┌────────

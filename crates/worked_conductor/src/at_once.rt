//! Two tasks are sent by a worker each.
use crate::gates::WaitsForNext;
use crate::lines::{are_written, opened};
use crate::steps::{MOVE, is_edited};
use hc_conductor::conductor::Conductor;
use hc_events::faults::CoreFault;
use std::alloc::Global;
use std::sync::Wait;
use std::thread::Threads;

/// The number of frames sent, or the fault; the arena of 64 bytes after the call; and the next serial.
type Sent = (Result<usize, CoreFault>, [u8; 64], u64);

/// Writes the axis' blocks, moves its outputs to task 1, and writes the two moved blocks. True if all succeed.
fn is_parted(alloc: Global, conductor: &mut Conductor) -> bool {
    are_written(alloc, conductor, 4)
        && is_edited(alloc, conductor, &MOVE, (1, 2, 2))
        && are_written(alloc, conductor, 2)
}

/// Sends both tasks by `send`.
fn sent(alloc: Global, conductor: &mut Conductor) -> Sent {
    let mut arena = [9; 64];
    let count = match conductor.send(alloc, &[0, 1], &mut arena) {
        Ok(frames) => Ok(frames.len()),
        Err(fault) => Err(fault),
    };
    (count, arena, conductor.core().next_serial())
}

/// Sends both tasks by a worker each, into a buffer of `room` bytes.
fn sent_at_once<R: Threads + Sync>(
    rt: &R,
    alloc: Global,
    conductor: &mut Conductor,
    room: usize,
    gate: &WaitsForNext,
) -> Sent {
    let mut arena = [9; 64];
    let frames = match arena.get_mut(..room) {
        Some(front) => conductor.send_at_once(rt, alloc, &[0, 1], front, gate),
        None => Err(CoreFault::Room(64)),
    };
    let count = match frames {
        Ok(frames) => Ok(frames.len()),
        Err(fault) => Err(fault),
    };
    (count, arena, conductor.core().next_serial())
}

/// The result of `send` for both tasks, from the axis' opening on.
fn by_send<R: Wait>(rt: &R, alloc: Global) -> Option<Sent> {
    let (mut conductor, _) = opened(rt, alloc)?;
    let done = if is_parted(alloc, &mut conductor) {
        Some(sent(alloc, &mut conductor))
    } else {
        None
    };
    conductor.finish(rt);
    done
}

/// The results of two sendings by workers: into 59 bytes, one too few, and then into 64.
fn by_workers<R: Threads + Wait + Sync>(
    rt: &R,
    alloc: Global,
    gate: &WaitsForNext,
) -> Option<(Sent, Sent)> {
    let (mut conductor, _) = opened(rt, alloc)?;
    let done = if is_parted(alloc, &mut conductor) {
        let short = sent_at_once(rt, alloc, &mut conductor, 59, gate);
        Some((short, sent_at_once(rt, alloc, &mut conductor, 64, gate)))
    } else {
        None
    };
    conductor.finish(rt);
    done
}

/// A sending that fails for want of room writes no byte and uses no serial. The frame that workers write is the one of `send`,
/// and the first worker saw the second.
#[test]
fn workers_write_what_is_sent(rt: HostRuntime) {
    let gate = WaitsForNext::shut();
    let worked = by_workers(&rt, rt.alloc(), &gate);
    let Some(sent) = by_send(&rt, rt.alloc()) else {
        panic!(rt; "nothing is sent");
    };
    assert!(rt; gate.has_seen() && matches!(sent, (Ok(1), _, 7)));
    let short = (Err(CoreFault::Room(60)), [9; 64], 6);
    assert_eq!(rt; worked, Some((short, sent)));
}
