//! Results of a task's posts, sendings and answers with its seat beside them: rows worked out by hand.
use crate::lines::{first_two, opened};
use crate::posting::{Unposted, accepted, post};
use crate::rows::Moment;
use crate::steps::Step::{Come, Lend, Move, Post, Publish, Read, Remap, See, Send, Take, Write};
use crate::steps::{Came, Step, first_wrong};
use hc_conductor::taking::Taken;
use hc_rings::PostFault;
use std::alloc::Global;
use std::sync::Wait;

/// The frame of task 0 with serial 4, to which a byte of 2 was posted.
const SENT: &[u8] =
    b"\xff\xff\xff\xff\xff\xff\x02\0\0\0\0\x04\x88\xa4\x0f\x10\x0c\x04\0\0\0\x01\x03\0\0\0\x02";

/// The answer to the frame of task 0 with serial 4: inputs of 0xa34 and the expected working counter, cut after the counter.
const ANSWER: &[u8] =
    b"\xff\xff\xff\xff\xff\xff\x02\0\0\0\0\x04\x88\xa4\x0f\x10\x0c\x04\0\0\0\x01\x03\0\0\0\x02\x34\x0a\x03\0";

/// The answer to the frame of task 0 with serial 5, with the working counter 2.
const MISCOUNTED: &[u8] =
    b"\xff\xff\xff\xff\xff\xff\x02\0\0\0\0\x05\x88\xa4\x0f\x10\x0c\x05\0\0\0\x01\x03\0\0\0\x02\x55\x05\x02\0";

/// The frame of task 0 with serial 4, before anything was posted.
const BLANK: &[u8] =
    b"\xff\xff\xff\xff\xff\xff\x02\0\0\0\0\x04\x88\xa4\x0f\x10\x0c\x04\0\0\0\x01\x03\0\0\0";

/// The frame of task 1 with serial 6, which carries the byte that was posted to task 0.
const MOVED: &[u8] =
    b"\xff\xff\xff\xff\xff\xff\x02\0\0\0\0\x06\x88\xa4\x0d\x10\x0c\x06\0\0\0\x02\x01\0\0\0\x02";

/// Steps in a row.
const ROWS: [&[Step]; 5] = [
    // a post is sent, its answer is read, and neither a second one nor a wrong one is
    &[
        Write(4),
        Lend(2),
        Post(Ok(())),
        Take(1, 0),
        Send(0, SENT),
        Come(ANSWER, Came::Inputs),
        Come(ANSWER, Came::Stale),
        Publish,
        See(Moment {
            epoch: 0,
            data: Some(b"\x02\x34\x0a"),
            values: &[(2, Ok(2612))],
        }),
        Send(
            0,
            b"\xff\xff\xff\xff\xff\xff\x02\0\0\0\0\x05\x88\xa4\x0f\x10\x0c\x05\0\0\0\x01\x03\0\0\0\x02",
        ),
        Come(MISCOUNTED, Came::WrongCount(3, 2)),
        Read(0, Some(b"\x02\x34\x0a")),
    ],
    // after an edit the answer to what was sent before it is not shown
    &[
        Write(4),
        Remap(1),
        Remap(2),
        Remap(3),
        Send(0, BLANK),
        Remap(4),
        Come(ANSWER, Came::Stale),
        Read(4, None),
        Publish,
        See(Moment {
            epoch: 4,
            data: None,
            values: &[(2, Err(4))],
        }),
    ],
    // a value moves with its variable, and a post for the epoch before is refused
    &[
        Write(4),
        Lend(2),
        Post(Ok(())),
        Take(1, 0),
        Lend(1),
        Move(1, 2, 2),
        Post(Ok(())),
        Take(0, 1),
        Write(2),
        Send(1, MOVED),
    ],
    // outputs keep the epoch for which they were lent, whatever is viewed since
    &[
        Lend(2),
        Remap(1),
        Publish,
        See(Moment {
            epoch: 1,
            data: None,
            values: &[(2, Err(4))],
        }),
        Post(Ok(())),
        Take(0, 1),
        Lend(1),
        Post(Ok(())),
        Take(1, 0),
    ],
    // lent again they are for the epoch then viewed last
    &[
        Post(Err(PostFault::NoBuffer)),
        Lend(2),
        Remap(1),
        Publish,
        See(Moment {
            epoch: 1,
            data: None,
            values: &[],
        }),
        Lend(3),
        Post(Ok(())),
        Post(Err(PostFault::NoBuffer)),
        Take(1, 0),
        Take(0, 0),
    ],
];

/// The number of the first step with another result, from the axis' opening on. The number of steps if there is none.
fn wrong_step<R: Wait>(rt: &R, alloc: Global, steps: &[Step]) -> Option<usize> {
    let Some((mut conductor, seats)) = opened(rt, alloc) else {
        return None;
    };
    let wrong = match first_two(seats) {
        Some((seat, _other)) => Some(first_wrong(rt, alloc, &mut conductor, seat, steps)),
        None => None,
    };
    conductor.finish(rt);
    wrong
}

/// Each step of posts, sendings and answers has the result that was worked out by hand.
#[test]
fn steps_come_as_worked_out(rt: HostRuntime) {
    for steps in ROWS {
        assert_eq!(rt; wrong_step(&rt, rt.alloc(), steps), Some(steps.len()));
    }
}

/// The results of five posts, of taking them, of one more post, and of taking it.
type Five = (
    [Result<(), Unposted>; 5],
    Taken,
    Result<(), Unposted>,
    Taken,
);

/// Posts five times, takes what waits, posts again and takes again; the result of each step from the axis' opening on.
fn five_posts<R: Wait>(rt: &R, alloc: Global) -> Option<Five> {
    let (mut conductor, seats) = opened(rt, alloc)?;
    let Some((mut seat, _other)) = first_two(seats) else {
        conductor.finish(rt);
        return None;
    };
    let first = post(&mut seat, 2);
    let second = post(&mut seat, 2);
    let third = post(&mut seat, 2);
    let fourth = post(&mut seat, 2);
    let fifth = post(&mut seat, 2);
    let taken = conductor.take_posts();
    let again = post(&mut seat, 3);
    let last = conductor.take_posts();
    conductor.finish(rt);
    Some(([first, second, third, fourth, fifth], taken, again, last))
}

/// Of five posts the last one finds no buffer; once they are taken another one does.
#[test]
fn four_posts_wait(rt: HostRuntime) {
    let five = [Ok(()), Ok(()), Ok(()), Ok(()), Err(Unposted::NoSpare)];
    assert_eq!(rt;
        five_posts(&rt, rt.alloc()),
        Some((five, accepted(4), Ok(()), accepted(1)))
    );
}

└────────

YOUR TASK — Read through the data above. Report each line that has the word "into".

RESPONSE —
/// Sends both tasks by a worker each, into a buffer of `room` bytes.
/// The results of two sendings by workers: into 59 bytes, one too few, and then into 64.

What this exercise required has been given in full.